Allgemeine Einführung
Pyramid Flow ist eine effiziente autoregressive Methode zur Videogenerierung, die auf der Flow-Matching-Technik basiert. Die Methode ermöglicht die Generierung und Dekomprimierung von Videoinhalten mit höherer Recheneffizienz durch Interpolation zwischen verschiedenen Auflösungen und Rauschpegeln. Pyramid Flow ist in der Lage, qualitativ hochwertige 10-Sekunden-Videos mit einer Auflösung von 768p und 24 FPS zu generieren, und unterstützt die Generierung von Bildern in Videos. Das gesamte Framework ist durchgängig optimiert und verwendet ein einziges DiT-Modell, das in 20,7k A100 GPU-Trainingsstunden trainiert wurde.
Funktionsliste
- Effiziente VideoerstellungErzeugt hochwertige 10-Sekunden-Videos mit einer Auflösung von 768p bei 24 FPS.
- Bild-zu-Video-GenerierungUnterstützung für die Erstellung von Videos aus Bildern.
- Unterstützung mehrerer AuflösungenModellprüfpunkte sind in den Auflösungen 768p und 384p verfügbar.
- CPU-OffloadZwei Arten von CPU-Offloading werden unterstützt, um den Speicherbedarf der GPU zu reduzieren.
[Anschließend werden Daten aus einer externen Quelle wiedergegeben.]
//! A record of TLS (RFC 8446, section 5.1; RFC 5246, section 6.2.1).
//!
//! Made by `./format` from formats/tls_record.fields: edit that file and make this one anew.
ghost use Rattle.bitstream_messages.specs.TlsRecord.{tls_record_decoder, tls_record_writes, tls_record_size, tls_record_bits, Fits, content_of, content_number, content_read};
ghost use Rattle.bitstream_messages.specs.declared.tls_record.TlsRecord.{TlsRecord};
ghost use Rattle.std.specs.Prelude.{◌≡◌, ◌<◌, ◌≤◌, ◌*◌, ◌++◌, ◌⊎◌, ℕ, Bool, true, List, Ok, Err, length, IfOk, IsOk};
ghost use Rattle.std.specs.declared.io.ErrorKind.TheVariants.{WriteZero};
ghost use Rattle.bitstream_io.specs.Callers.{Done, Error, Order, High, bits, write_sequence, Reads, OwnAnswer, WritesAll, AllAccepted, sequence_length, sure_answer, GrowsOwn, MayAllocate, OutOfMemory, Stream, same_error};
ghost use Rattle.bitstream_io.specs.SliceMut.{HoldsFirst, written_bytes};

use bitstream_io::{
    BE, BitRead, BitReadExt, BitReader, BitWrite, BitWriteExt, Bits, Error, FromBitStreamUsing,
    SliceMut, ToBitStream, pack_into,
};
use std::alloc::Global;
use std::marker::Model;

/// A record of TLS (RFC 8446, section 5.1; RFC 5246, section 6.2.1).
///
/// ```text
///  0                   1                   2                   3
///  0 1 2 3 4 5 6 7 8 9 0 1 2 3 4 5 6 7 8 9 0 1 2 3 4 5 6 7 8 9 0 1
/// +-+-+-+-+-+-+-+-+-+-+-+-+-+-+-+-+-+-+-+-+-+-+-+-+-+-+-+-+-+-+-+-+
/// |    content    |            version            | fragment_bytes|
/// +-+-+-+-+-+-+-+-+-+-+-+-+-+-+-+-+-+-+-+-+-+-+-+-+-+-+-+-+-+-+-+-+
/// |               |
/// +-+-+-+-+-+-+-+-+-+-+-+-+-+-+-+-+-+-+-+-+-+-+-+-+-+-+-+-+-+-+-+-+
/// /                fragment (fragment_bytes bytes)                /
/// +-+-+-+-+-+-+-+-+-+-+-+-+-+-+-+-+-+-+-+-+-+-+-+-+-+-+-+-+-+-+-+-+
/// ```
#[derive(Debug, Drop)]
pub struct TlsRecord {
    /// The type of the content.
    pub content: Content,
    /// The version, 0x0301 to 0x0303.
    pub version: u16,
    /// The contents, which may be encrypted.
    pub fragment: Vec<u8>,
}

impl Model for TlsRecord {
    ghost use Rattle.bitstream_messages.specs.TlsRecordFields.{TlsRecordFields};

    ghost Value = { TlsRecordFields };

    ghost view = { λ value. record {
      content = value.content;
      version = value.version;
      fragment = value.fragment.items;
    } };
}

/// The type of the content.
#[derive(Clone, Copy, Debug, PartialEq)]
pub enum Content {
    /// Encoded as 20.
    ChangeCipherSpec,
    /// Encoded as 21.
    Alert,
    /// Encoded as 22.
    Handshake,
    /// Encoded as 23.
    Data,
    /// Any other number.
    Other(u8),
}

impl Content {
    /// Decodes a number.
    pub fn of(number: u8) -> Content
        ensures { result ≡ content_of number }
    {
        if number == 20 {
            return Content::ChangeCipherSpec;
        }
        if number == 21 {
            return Content::Alert;
        }
        if number == 22 {
            return Content::Handshake;
        }
        if number == 23 {
            return Content::Data;
        }
        Content::Other(number)
    }

    /// Returns the number of the case.
    pub fn number(self) -> u8
        ensures { result ≡ content_number self }
    {
        match self {
            Content::ChangeCipherSpec => 20,
            Content::Alert => 21,
            Content::Handshake => 22,
            Content::Data => 23,
            Content::Other(number) => number,
        }
    }

    /// Reads a number of 8 bits, and decodes it.
    pub fn read<R: BitRead>(reader: &mut R) -> Result<Content, Error>
        ensures { Reads R.source (content_read R.source.order) reader.old result reader.new }
    {
        let number = reader.read::<Bits<8>, u8>()?;
        Ok(Content::of(number))
    }
}

impl TlsRecord {
    /// The number of bits before each line of the description.
    pub const PLACES: [u64; 4] = [0, 8, 24, 40];

    /// Reads the fields in order.
    ///
    /// # Errors
    ///
    /// `OutOfMemory` if an allocation for a list fails. The items before the failure
    /// have been read.
    /// Otherwise the reader's errors, after which it has failed.
    pub fn read<R: BitRead>(reader: &mut R, alloc: Global) -> Result<TlsRecord, Error>
        ensures { GrowsOwn R.source same_error (tls_record_decoder R.source.order) reader.old result reader.new }
    {
        let content = Content::read(reader)?;
        let version = reader.read::<Bits<16>, u16>()?;
        let fragment_bytes = reader.read::<Bits<16>, u64>()?;
        let fragment = reader.read_to_vec(alloc, fragment_bytes as usize)?;
        Ok(TlsRecord {
            content,
            version,
            fragment,
        })
    }

    /// Parses the value at the start of `packet`.
    ///
    /// # Errors
    ///
    /// `EndOfInput` if the bytes end before the fields do.
    /// `OutOfMemory` if the allocation for an item of a list fails.
    pub fn parse(packet: &[u8], alloc: Global) -> Result<TlsRecord, Error>
        ensures answer { (OwnAnswer same_error (λ answer. answer)
            (sure_answer ((tls_record_decoder High).reads 0 (bits High packet.now))) result)
            ⊎ ((result ≡ Err OutOfMemory)
            × MayAllocate (tls_record_decoder High) 0 (bits High packet.now)) }
        ensures back { (value : TlsRecord) (more : List Bool) → Fits value
            → bits High packet.now ≡ write_sequence (tls_record_writes High value) 0 ++ more
            → (result ≡ Ok value)
            ⊎ (result ≡ Err OutOfMemory) }
    {
        tls_record_round_trip();
        TlsRecord::read(&mut BitReader::<_, BE>::over(packet), alloc)
    }

    /// Writes the fields in order.
    ///
    /// # Errors
    ///
    /// `Checked` for a field that does not fit its bits. The fields before it have been written.
    /// Otherwise the sink's errors.
    pub fn write<W: BitWrite>(&self, writer: &mut W) -> Result<(), Error>
        ensures { WritesAll W.sink (tls_record_writes W.sink.order self.now) writer.old result writer.new }
    {
        writer.write::<Bits<8>, u8>(self.content.number())?;
        writer.write::<Bits<16>, u16>(self.version)?;
        writer.write::<Bits<16>, u64>(self.fragment.len() as u64)?;
        writer.write_bytes(&self.fragment)?;
        Ok(())
    }

    /// Writes the fields to the first bytes of a buffer, and returns what was written. The other bytes
    /// stay as they were. Does not allocate.
    ///
    /// # Errors
    ///
    /// `Checked` for the first field that does not fit its bits, however long the buffer is.
    /// `Stream(WriteZero)` if all fields fit, and the buffer is too short for the bits.
    /// After an error, the first bytes of the buffer may have changed.
    pub fn pack_into<'a>(&self, buffer: &'a mut [u8]) -> Result<SliceMut<'a>, Error>
        ensures packed { IfOk result (λ packed. bits High (written_bytes packed) ≡ tls_record_bits self.now) }
        ensures first { IfOk result (HoldsFirst buffer.entry.ghost_name buffer.old) }
        ensures accepted { IsOk result → AllAccepted (tls_record_writes High self.now) 0 }
        ensures misfit { (error : Error) → sequence_length (tls_record_writes High self.now) 0 ≡ Err error
            → result ≡ Err error }
        ensures room { Fits self.now → tls_record_size High self.now ≤ 8 * length buffer.old
            → IsOk result }
        ensures short { Fits self.now → 8 * length buffer.old < tls_record_size High self.now
            → result ≡ Err (Stream WriteZero) }
    {
        pack_into::<BE, TlsRecord>(self, buffer)
    }
}

impl FromBitStreamUsing for TlsRecord {
    type Context = Global;

    type Error = Error;

    ghost grows = { true };

    ghost becomes = { same_error };

    ghost reads = { λ o _. tls_record_decoder o };

    fn from_reader<R: BitRead>(reader: &mut R, alloc: Global) -> Result<TlsRecord, Error> {
        TlsRecord::read(reader, alloc)
    }
}

impl ToBitStream for TlsRecord {
    type Error = Error;

    ghost becomes = { same_error };

    ghost writes = { tls_record_writes };

    fn to_writer<W: BitWrite>(&self, writer: &mut W) -> Result<(), Error> {
        self.write(writer)
    }
}

/// A value that fits its bits is read back as it was written, in either order of bits, at any place.
/// The read takes only the bits that were written: `tls_record_size` is their number.
pub fn tls_record_round_trip()
    ensures back { (o : Order) (value : TlsRecord) (at from : ℕ) (more : List Bool) → Fits value
        → let written = write_sequence (tls_record_writes o value) at in
        (tls_record_decoder o).reads from (written ++ more) ≡ Done (length written) (Ok (Ok value)) }
    ensures size { (o : Order) (value : TlsRecord) (at : ℕ) → Fits value
        → length (write_sequence (tls_record_writes o value) at) ≡ tls_record_size o value }
{}
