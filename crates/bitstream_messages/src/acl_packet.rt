//! A packet of Bluetooth that holds a whole frame of L2CAP (Core 5.4, volume 4, part E, section 5.4.2; volume 3, part A, section 3.1).
//!
//! Made by `./format` from formats/acl_packet.fields: edit that file and make this one anew.
ghost use Rattle.bitstream_messages.specs.AclPacket.{acl_packet_decoder, acl_packet_writes, acl_packet_size, acl_packet_bits, Fits, becomes_acl_packet, frame_bytes_sum, frame_number, frame_bytes_writes};
ghost use Rattle.bitstream_messages.specs.declared.acl_packet.AclPacket.{AclPacket};
ghost use Rattle.bitstream_messages.specs.declared.acl_packet.AclPacketError.{AclPacketError};
ghost use Rattle.bitstream_messages.specs.declared.acl_packet.AclPacketError.TheVariants.{Reader};
ghost use Rattle.std.specs.Prelude.{◌≡◌, ◌<◌, ◌≤◌, ◌*◌, ◌++◌, ◌⊎◌, ℕ, Bool, true, List, Ok, Err, length, IfOk, IsOk};
ghost use Rattle.std.specs.declared.io.ErrorKind.TheVariants.{WriteZero};
ghost use Rattle.bitstream_io.specs.Callers.{Done, Error, Order, Low, bits, write_sequence, OwnAnswer, WritesAll, AllAccepted, sequence_length, sure_answer, GrowsOwn, MayAllocate, OutOfMemory, Stream, same_error};
ghost use Rattle.bitstream_io.specs.SliceMut.{HoldsFirst, written_bytes};

use bitstream_format::checksums::ByteCount;
use bitstream_format::stated::stored_size;
use bitstream_format::summed::{sum_of, summing_writer};
use bitstream_io::{
    BitRead, BitReadExt, BitReader, BitWrite, BitWriteExt, Bits, Error, FromBitStreamUsing, LE,
    SliceMut, ToBitStream, pack_into,
};
use std::alloc::Global;
use std::marker::Model;

/// A packet of Bluetooth that holds a whole frame of L2CAP (Core 5.4, volume 4, part E, section 5.4.2; volume 3, part A, section 3.1).
///
/// ```text
///  0                   1                   2                   3
///  0 1 2 3 4 5 6 7 8 9 0 1 2 3 4 5 6 7 8 9 0 1 2 3 4 5 6 7 8 9 0 1
/// +-+-+-+-+-+-+-+-+-+-+-+-+-+-+-+-+-+-+-+-+-+-+-+-+-+-+-+-+-+-+-+-+
/// |         handle        |bou|bro|       stored_frame_bytes      |
/// +-+-+-+-+-+-+-+-+-+-+-+-+-+-+-+-+-+-+-+-+-+-+-+-+-+-+-+-+-+-+-+-+
/// |         payload_bytes         |            channel            |
/// +-+-+-+-+-+-+-+-+-+-+-+-+-+-+-+-+-+-+-+-+-+-+-+-+-+-+-+-+-+-+-+-+
/// /                 payload (payload_bytes bytes)                 /
/// +-+-+-+-+-+-+-+-+-+-+-+-+-+-+-+-+-+-+-+-+-+-+-+-+-+-+-+-+-+-+-+-+
/// ```
#[derive(Debug, Drop)]
pub struct AclPacket {
    /// The number of the connection. Below 2^12.
    pub handle: u16,
    /// Which part of a frame the packet holds. Below 2^2.
    pub boundary: u8,
    /// Whether the packet is for all devices, 0 if not. Below 2^2.
    pub broadcast: u8,
    /// The channel that the frame belongs to.
    pub channel: u16,
    /// The data of the frame.
    pub payload: Vec<u8>,
}

impl Model for AclPacket {
    ghost use Rattle.bitstream_messages.specs.AclPacketFields.{AclPacketFields};

    ghost Value = { AclPacketFields };

    ghost view = { λ value. record {
      handle = value.handle;
      boundary = value.boundary;
      broadcast = value.broadcast;
      channel = value.channel;
      payload = value.payload.items;
    } };
}

/// The errors of reading an `AclPacket`.
#[derive(Debug, Drop, thiserror::Error)]
pub enum AclPacketError {
    /// An error of the reader.
    #[error("{0}")]
    Reader(Error),
    /// The length of the packet is not that of the frame.
    #[error("the length of the packet is not that of the frame")]
    OtherLength,
}

impl From<Error> for AclPacketError {
    ghost from_gives = { becomes_acl_packet };

    fn from(error: Error) -> AclPacketError {
        AclPacketError::Reader(error)
    }
}

impl AclPacket {
    /// The number of bits before each line of the description.
    pub const PLACES: [u64; 7] = [0, 12, 14, 16, 32, 48, 64];

    /// Reads the fields in order.
    ///
    /// # Errors
    ///
    /// `OtherLength`, after the rejected bits have been read.
    /// `Reader(OutOfMemory)` if an allocation for a list fails. The items before the failure
    /// have been read.
    /// Otherwise the reader's errors, after which it has failed.
    pub fn read<R: BitRead>(reader: &mut R, alloc: Global) -> Result<AclPacket, AclPacketError>
        ensures { GrowsOwn R.source becomes_acl_packet (acl_packet_decoder R.source.order) reader.old result reader.new }
    {
        let handle = reader.read::<Bits<12>, u16>()?;
        let boundary = reader.read::<Bits<2>, u8>()?;
        let broadcast = reader.read::<Bits<2>, u8>()?;
        let stored_frame_bytes = reader.read::<Bits<16>, u64>()?;
        let payload_bytes = reader.read::<Bits<16>, u64>()?;
        let channel = reader.read::<Bits<16>, u16>()?;
        let payload = reader.read_to_vec(alloc, payload_bytes as usize)?;
        let value = AclPacket {
            handle,
            boundary,
            broadcast,
            channel,
            payload,
        };
        let is_frame_bytes = stored_frame_bytes == value.frame_number();
        if !is_frame_bytes {
            return Err(AclPacketError::OtherLength);
        }
        Ok(value)
    }

    /// Parses the value at the start of `packet`.
    ///
    /// # Errors
    ///
    /// `OtherLength` if bits are rejected.
    /// `Reader(EndOfInput)` if the bytes end before the fields do.
    /// `Reader(OutOfMemory)` if the allocation for an item of a list fails.
    pub fn parse(packet: &[u8], alloc: Global) -> Result<AclPacket, AclPacketError>
        ensures answer { (OwnAnswer becomes_acl_packet (λ answer. answer)
            (sure_answer ((acl_packet_decoder Low).reads 0 (bits Low packet.now))) result)
            ⊎ ((result ≡ Err (AclPacketError.Reader OutOfMemory))
            × MayAllocate (acl_packet_decoder Low) 0 (bits Low packet.now)) }
        ensures back { (value : AclPacket) (more : List Bool) → Fits value
            → bits Low packet.now ≡ write_sequence (acl_packet_writes Low value) 0 ++ more
            → (result ≡ Ok value)
            ⊎ (result ≡ Err (AclPacketError.Reader OutOfMemory)) }
    {
        acl_packet_round_trip();
        AclPacket::read(&mut BitReader::<_, LE>::over(packet), alloc)
    }

    /// Writes the fields in order.
    ///
    /// # Errors
    ///
    /// `Checked` for a field that does not fit its bits. The fields before it have been written.
    /// Otherwise the sink's errors.
    pub fn write<W: BitWrite>(&self, writer: &mut W) -> Result<(), Error>
        ensures { WritesAll W.sink (acl_packet_writes W.sink.order self.now) writer.old result writer.new }
    {
        writer.write::<Bits<12>, u16>(self.handle)?;
        writer.write::<Bits<2>, u8>(self.boundary)?;
        writer.write::<Bits<2>, u8>(self.broadcast)?;
        writer.write::<Bits<16>, u64>(self.frame_number())?;
        writer.write::<Bits<16>, u64>(self.payload.len() as u64)?;
        writer.write::<Bits<16>, u16>(self.channel)?;
        writer.write_bytes(&self.payload)?;
        Ok(())
    }

    /// Returns the number that states the bytes of its lines, or 2^64 - 1 if none does.
    fn frame_number(&self) -> u64
        ensures { result ≡ frame_number self.now }
    {
        stored_size(self.frame_bytes(), 1, 2, 0)
    }

    /// Returns the number of bytes of its lines as they are written, or 0 if a field of theirs does not fit its bits.
    fn frame_bytes(&self) -> u64
        ensures { result ≡ frame_bytes_sum self.now }
    {
        let mut writer = summing_writer::<LE, ByteCount>();
        match self.write_for_frame_bytes(&mut writer) {
            Ok(()) => sum_of(writer),
            Err(_) => 0,
        }
    }

    /// Writes the lines that the number of bytes covers.
    fn write_for_frame_bytes<W: BitWrite>(&self, writer: &mut W) -> Result<(), Error>
        ensures { WritesAll W.sink (frame_bytes_writes W.sink.order self.now) writer.old result writer.new }
    {
        writer.write::<Bits<16>, u16>(self.channel)?;
        writer.write_bytes(&self.payload)?;
        Ok(())
    }

    /// Writes the fields to the first bytes of a buffer, and returns what was written. The other bytes
    /// stay as they were. Does not allocate.
    ///
    /// # Errors
    ///
    /// `Checked` for the first field that does not fit its bits, however long the buffer is.
    /// `Stream(WriteZero)` if all fields fit, and the buffer is too short for the bits.
    /// After an error, the first bytes of the buffer may have changed.
    pub fn pack_into<'a>(&self, buffer: &'a mut [u8]) -> Result<SliceMut<'a>, Error>
        ensures packed { IfOk result (λ packed. bits Low (written_bytes packed) ≡ acl_packet_bits self.now) }
        ensures first { IfOk result (HoldsFirst buffer.entry.ghost_name buffer.old) }
        ensures accepted { IsOk result → AllAccepted (acl_packet_writes Low self.now) 0 }
        ensures misfit { (error : Error) → sequence_length (acl_packet_writes Low self.now) 0 ≡ Err error
            → result ≡ Err error }
        ensures room { Fits self.now → acl_packet_size Low self.now ≤ 8 * length buffer.old
            → IsOk result }
        ensures short { Fits self.now → 8 * length buffer.old < acl_packet_size Low self.now
            → result ≡ Err (Stream WriteZero) }
    {
        pack_into::<LE, AclPacket>(self, buffer)
    }
}

impl FromBitStreamUsing for AclPacket {
    type Context = Global;

    type Error = AclPacketError;

    ghost grows = { true };

    ghost becomes = { becomes_acl_packet };

    ghost reads = { λ o _. acl_packet_decoder o };

    fn from_reader<R: BitRead>(reader: &mut R, alloc: Global) -> Result<AclPacket, AclPacketError> {
        AclPacket::read(reader, alloc)
    }
}

impl ToBitStream for AclPacket {
    type Error = Error;

    ghost becomes = { same_error };

    ghost writes = { acl_packet_writes };

    fn to_writer<W: BitWrite>(&self, writer: &mut W) -> Result<(), Error> {
        self.write(writer)
    }
}

/// A value that fits its bits is read back as it was written, in either order of bits, at any place.
/// The read takes only the bits that were written: `acl_packet_size` is their number.
pub fn acl_packet_round_trip()
    ensures back { (o : Order) (value : AclPacket) (at from : ℕ) (more : List Bool) → Fits value
        → let written = write_sequence (acl_packet_writes o value) at in
        (acl_packet_decoder o).reads from (written ++ more) ≡ Done (length written) (Ok (Ok value)) }
    ensures size { (o : Order) (value : AclPacket) (at : ℕ) → Fits value
        → length (write_sequence (acl_packet_writes o value) at) ≡ acl_packet_size o value }
{}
- Multi-GPU-UnterstützungBietet Multi-GPU-Inferenzskripte, die Sequenzparallelität unterstützen, um Speicher pro GPU zu sparen.
Hilfe verwenden
Umgebungseinstellungen
- Erstellen Sie eine Umgebung mit conda:
cd Pyramid-Flow conda create --name pyramid-flow python=3.8.10 conda activate pyramid-flow
- Installieren Sie die Abhängigkeit:
pip install -r anforderungen.txt
Herunterladen und Laden von Modellen
- Laden Sie Modellprüfpunkte von Huggingface herunter:
# Download 768p und 384p Modellprüfpunkte
- Modelle laden:
model_dtype, torch_dtype = 'bf16', torch.bfloat16 model = PyramidDiTForVideoGeneration( 'PFAD', Checkpoint-Katalog für #-Downloads model_dtype. model_variant=diffusion_transformer_768p'., # oder 'diffusion_transformer_384p'. ) model.vae.enable_tiling() model.enable_sequential_cpu_offload()
Text-zu-Video-Generierung
- Legen Sie die Erzeugungsparameter fest und erzeugen Sie das Video:
frames = model.generate( prompt="Ihr SMS-Alarm.", num_inference_steps=[20, 20, 20], video_num_inference_steps=[10, 10, 10], height=768, width=1280, temp=16, # temp=16: 5s, temp=31: 10s anleitung_skala=9.0, # 384p Einstellung auf 7 video_leitfaden_skala=5.0, output_type="pil", save_memory=Wahr) ) export_to_video(frames, , ) ". /text_zu_video_beispiel.mp4", fps=24)
Bild-zu-Video-Generierung
- Legen Sie die Erzeugungsparameter fest und erzeugen Sie das Video:
Aufforderung = "FPV-Flug über die Große Mauer" mit torch.no_grad(), torch.cuda.amp.autocast(enabled=Wahr, dtype=torch_dtype). frames = model.generate_i2v( prompt=prompt, , input_image=image, , dtype=torch_dtype input_image=image, num_inference_steps=[[], dtype=torch_dtype num_inference_steps=[10, 10, 10], temp=16, video_guidance_scale=4.0, output_type="pil", save_memory=Wahr) ) export_to_video(frames, , ) ". /image_to_video_sample.mp4", fps=24)
Multi-GPU-Inferenz
- Inferenz mit mehreren GPUs:
# Ausführen von Inferenzskripten auf 2 oder 4 GPUs
Niu One Click Deployment Edition
Der Entschlüsselungscode für die Startdatei befindet sich in der Download-Adresse. Wenn der Download des Modells nach dem Start häufig unterbrochen wird, lesen Sie das offizielle Dokument, um die Modelldatei separat herunterzuladen, die etwa 30 GB groß ist.